Il sabato sera ci sarà *Tu Si Que Vales* uno degli show di punta di *Maria De Filippi*, la domenica sera confermatissimo *Live-Non è la D'Urso* di Barbara D'Urso dal 13 settembre.

Nella fascia preserale, si partirà con *Caduta Libera* di Gerry Scotti dal 7 settembre.

Nell'access prime time confermato *Striscia la Notizia*, che partirà probabilmente dopo il 26 settembre data dell'ultima puntata estiva di Paperissima Sprint.

-Per quanto riguarda *Rete 4*, confermati tutti i talk di punta ossia *Quarta Repubblica, Fuori dal Coro, Dritto e Rovescio e Quarto Grado* che partono nella seconda settimana di settembre. Nell'access confermati *Stasera Italia* con Barbara Palombelli e nel weekend Veronica Gentili.
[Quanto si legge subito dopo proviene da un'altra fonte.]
//! What is asked of a grid.
ghost use Rattle.std.specs.Prelude.{◌≡◌};
ghost use Rattle.bf_marks.specs.GridViews.{in_range, starts_from_in, starts_up_to_in};

use jiff::Timestamp;

/// What a grid is asked to show.
#[derive(Clone, Copy, Debug)]
pub struct View {
    /// The earliest start of a run to show; None for no such limit.
    pub from: Option<Timestamp>,
    /// The latest start of a run to show; None for no such limit.
    pub to: Option<Timestamp>,
    /// Whether only runs and tasks are shown in which something failed, is upstream_failed or has no status.
    pub failed: bool,
    /// The width in characters that the grid should fit into.
    pub width: u32,
    /// Whether marks are coloured.
    pub colored: bool,
}

impl View {
    /// Whether a run that starts at `start` is in the view's range: not before `from` and not after `to`, where these
    /// are given.
    pub fn has_start(&self, start: Timestamp) -> bool
        ensures { result ≡ in_range self.now start.nanosecond }
    {
        starts_from(self.from, start) && starts_up_to(self.to, start)
    }
}

/// Whether `start` isn't before `from`; true where that is None.
fn starts_from(from: Option<Timestamp>, start: Timestamp) -> bool
    ensures { result ≡ starts_from_in from start.nanosecond }
{
    match from {
        Some(from) => from.as_nanosecond() <= start.as_nanosecond(),
        None => true,
    }
}

/// Whether `start` isn't after `to`; true where that is None.
fn starts_up_to(to: Option<Timestamp>, start: Timestamp) -> bool
    ensures { result ≡ starts_up_to_in to start.nanosecond }
{
    match to {
        Some(to) => start.as_nanosecond() <= to.as_nanosecond(),
        None => true,
    }
}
-Su *Italia 1*, confermate *Le Iene* al martedì con Alessia Marcuzzi e Nicola Savino e giovedì con Giulio Golia, Matteo Viviani e Filippo Roma. A settembre dovrebbe, finalmente, sbarcare *Freedom *con Roberto Giacobbo da Rete 4 alla sesta rete, promozione già annunciata un anno fa, ma poi non avvenuta. Domenica in onda, in seconda serata, *Pressing *con Giorgia Rossi, mentre nessun riferimento a Tiki Taka che secondo i notiziari verrà condotto da Piero Chiambretti e non più da Pierluigi Pardo. In prima serata, ci saranno film in prima tv come *Aquaman, Jurassic World-Il Regno Distrutto* e *Ready Player One*. 

-Sul canale 20, andranno in onda fase a gironi di Nations League e spareggi della qualificazione Euro 2020.

-Sul canale 34, nato a gennaio e dedito alla trasmissione di film cult italiani, il 7 settembre ci sarà una serata dedicata al 70esimo compleanno di Dario Argento con la messa in onda del film Profondo Rosso.


----------



## Andris (13 Luglio 2020)

sono sicuro che nel 2050 leggeremo ancora gli stessi programmi e presentatori (se in vita) mediaset

strano non abbia letto isola dei famosi


----------



## fabri47 (13 Luglio 2020)

Andris ha scritto:


> sono sicuro che nel 2050 leggeremo ancora gli stessi programmi e presentatori (se in vita) mediaset
> 
> strano non abbia letto isola dei famosi


Mediaset sta diventando più vecchia della Rai, incredibile...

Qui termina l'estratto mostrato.